[Collected data]
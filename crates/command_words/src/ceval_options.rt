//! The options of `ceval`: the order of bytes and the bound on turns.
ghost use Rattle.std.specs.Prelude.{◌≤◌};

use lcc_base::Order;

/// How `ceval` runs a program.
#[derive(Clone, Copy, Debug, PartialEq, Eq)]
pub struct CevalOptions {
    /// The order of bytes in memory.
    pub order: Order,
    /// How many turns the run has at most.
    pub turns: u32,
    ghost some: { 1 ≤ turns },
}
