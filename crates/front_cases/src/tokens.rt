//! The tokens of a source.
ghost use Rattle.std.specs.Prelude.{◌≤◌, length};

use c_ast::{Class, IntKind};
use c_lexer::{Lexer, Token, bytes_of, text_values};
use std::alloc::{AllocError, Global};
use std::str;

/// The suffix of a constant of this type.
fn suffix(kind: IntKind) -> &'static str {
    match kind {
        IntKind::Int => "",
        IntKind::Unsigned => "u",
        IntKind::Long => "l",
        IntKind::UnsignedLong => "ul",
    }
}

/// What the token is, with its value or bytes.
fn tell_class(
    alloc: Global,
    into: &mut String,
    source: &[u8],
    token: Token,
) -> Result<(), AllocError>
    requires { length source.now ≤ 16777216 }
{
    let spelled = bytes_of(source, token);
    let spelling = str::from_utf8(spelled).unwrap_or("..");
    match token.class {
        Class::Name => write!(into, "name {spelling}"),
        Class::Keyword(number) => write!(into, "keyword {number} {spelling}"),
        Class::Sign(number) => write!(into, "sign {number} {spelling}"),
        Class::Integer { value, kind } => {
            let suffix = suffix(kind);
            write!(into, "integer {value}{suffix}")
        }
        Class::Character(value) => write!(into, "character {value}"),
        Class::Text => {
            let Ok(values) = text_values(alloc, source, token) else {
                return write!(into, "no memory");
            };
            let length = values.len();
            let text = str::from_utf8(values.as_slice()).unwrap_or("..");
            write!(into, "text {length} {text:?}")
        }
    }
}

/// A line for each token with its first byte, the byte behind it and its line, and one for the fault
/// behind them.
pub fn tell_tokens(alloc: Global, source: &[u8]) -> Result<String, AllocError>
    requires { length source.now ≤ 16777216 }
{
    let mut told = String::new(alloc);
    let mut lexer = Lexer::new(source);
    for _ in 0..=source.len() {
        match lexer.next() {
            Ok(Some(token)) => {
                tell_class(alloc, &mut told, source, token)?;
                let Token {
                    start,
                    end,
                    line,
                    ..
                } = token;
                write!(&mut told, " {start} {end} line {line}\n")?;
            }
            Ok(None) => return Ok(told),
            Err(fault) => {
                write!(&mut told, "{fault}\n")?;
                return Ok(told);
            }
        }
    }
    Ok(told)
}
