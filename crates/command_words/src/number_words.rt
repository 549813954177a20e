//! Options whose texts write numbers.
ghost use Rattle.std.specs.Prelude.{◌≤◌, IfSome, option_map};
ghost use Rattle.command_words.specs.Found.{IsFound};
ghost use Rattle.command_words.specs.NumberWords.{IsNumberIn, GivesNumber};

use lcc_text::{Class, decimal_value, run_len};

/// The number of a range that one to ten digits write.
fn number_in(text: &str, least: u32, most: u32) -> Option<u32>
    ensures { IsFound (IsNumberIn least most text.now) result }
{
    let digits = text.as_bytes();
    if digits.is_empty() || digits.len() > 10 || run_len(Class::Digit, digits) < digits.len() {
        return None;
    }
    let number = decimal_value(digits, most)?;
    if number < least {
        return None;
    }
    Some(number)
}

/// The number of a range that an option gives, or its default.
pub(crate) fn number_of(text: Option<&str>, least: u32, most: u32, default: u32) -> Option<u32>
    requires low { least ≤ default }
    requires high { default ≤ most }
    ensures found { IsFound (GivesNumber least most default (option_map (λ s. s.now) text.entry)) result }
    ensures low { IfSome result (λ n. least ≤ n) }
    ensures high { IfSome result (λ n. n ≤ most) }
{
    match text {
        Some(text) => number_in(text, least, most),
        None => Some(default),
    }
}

Assigned task: Repeat all of the data shown above, exactly as it appears.

Problem solution:
filename crates/command_words/src/ceval_options.rt
//! The options of `ceval`: the order of bytes and the bound on turns.
ghost use Rattle.std.specs.Prelude.{◌≤◌};

use lcc_base::Order;

/// How `ceval` runs a program.
#[derive(Clone, Copy, Debug, PartialEq, Eq)]
pub struct CevalOptions {
    /// The order of bytes in memory.
    pub order: Order,
    /// How many turns the run has at most.
    pub turns: u32,
    ghost some: { 1 ≤ turns },
}
filename crates/front_cases/src/tokens.rt
//! The tokens of a source.
ghost use Rattle.std.specs.Prelude.{◌≤◌, length};

use c_ast::{Class, IntKind};
use c_lexer::{Lexer, Token, bytes_of, text_values};
use std::alloc::{AllocError, Global};
use std::str;

/// The suffix of a constant of this type.
fn suffix(kind: IntKind) -> &'static str {
    match kind {
        IntKind::Int => "",
        IntKind::Unsigned => "u",
        IntKind::Long => "l",
        IntKind::UnsignedLong => "ul",
    }
}

/// What the token is, with its value or bytes.
fn tell_class(
    alloc: Global,
    into: &mut String,
    source: &[u8],
    token: Token,
) -> Result<(), AllocError>
    requires { length source.now ≤ 16777216 }
{
    let spelled = bytes_of(source, token);
    let spelling = str::from_utf8(spelled).unwrap_or("..");
    match token.class {
        Class::Name => write!(into, "name {spelling}"),
        Class::Keyword(number) => write!(into, "keyword {number} {spelling}"),
        Class::Sign(number) => write!(into, "sign {number} {spelling}"),
        Class::Integer { value, kind } => {
            let suffix = suffix(kind);
            write!(into, "integer {value}{suffix}")
        }
        Class::Character(value) => write!(into, "character {value}"),
        Class::Text => {
            let Ok(values) = text_values(alloc, source, token) else {
                return write!(into, "no memory");
            };
            let length = values.len();
            let text = str::from_utf8(values.as_slice()).unwrap_or("..");
            write!(into, "text {length} {text:?}")
        }
    }
}

/// A line for each token with its first byte, the byte behind it and its line, and one for the fault
/// behind them.
pub fn tell_tokens(alloc: Global, source: &[u8]) -> Result<String, AllocError>
    requires { length source.now ≤ 16777216 }
{
    let mut told = String::new(alloc);
    let mut lexer = Lexer::new(source);
    for _ in 0..=source.len() {
        match lexer.next() {
            Ok(Some(token)) => {
                tell_class(alloc, &mut told, source, token)?;
                let Token {
                    start,
                    end,
                    line,
                    ..
                } = token;
                write!(&mut told, " {start} {end} line {line}\n")?;
            }
            Ok(None) => return Ok(told),
            Err(fault) => {
                write!(&mut told, "{fault}\n")?;
                return Ok(told);
            }
        }
    }
    Ok(told)
}
filename crates/command_words/src/number_words.rt
repository 549813954177a20e
//! Options whose texts write numbers.
ghost use Rattle.std.specs.Prelude.{◌≤◌, IfSome, option_map};
ghost use Rattle.command_words.specs.Found.{IsFound};
ghost use Rattle.command_words.specs.NumberWords.{IsNumberIn, GivesNumber};

use lcc_text::{Class, decimal_value, run_len};

/// The number of a range that one to ten digits write.
fn number_in(text: &str, least: u32, most: u32) -> Option<u32>
    ensures { IsFound (IsNumberIn least most text.now) result }
{
    let digits = text.as_bytes();
    if digits.is_empty() || digits.len() > 10 || run_len(Class::Digit, digits) < digits.len() {
        return None;
    }
    let number = decimal_value(digits, most)?;
    if number < least {
        return None;
    }
    Some(number)
}

/// The number of a range that an option gives, or its default.
pub(crate) fn number_of(text: Option<&str>, least: u32, most: u32, default: u32) -> Option<u32>
    requires low { least ≤ default }
    requires high { default ≤ most }
    ensures found { IsFound (GivesNumber least most default (option_map (λ s. s.now) text.entry)) result }
    ensures low { IfSome result (λ n. least ≤ n) }
    ensures high { IfSome result (λ n. n ≤ most) }
{
    match text {
        Some(text) => number_in(text, least, most),
        None => Some(default),
    }
}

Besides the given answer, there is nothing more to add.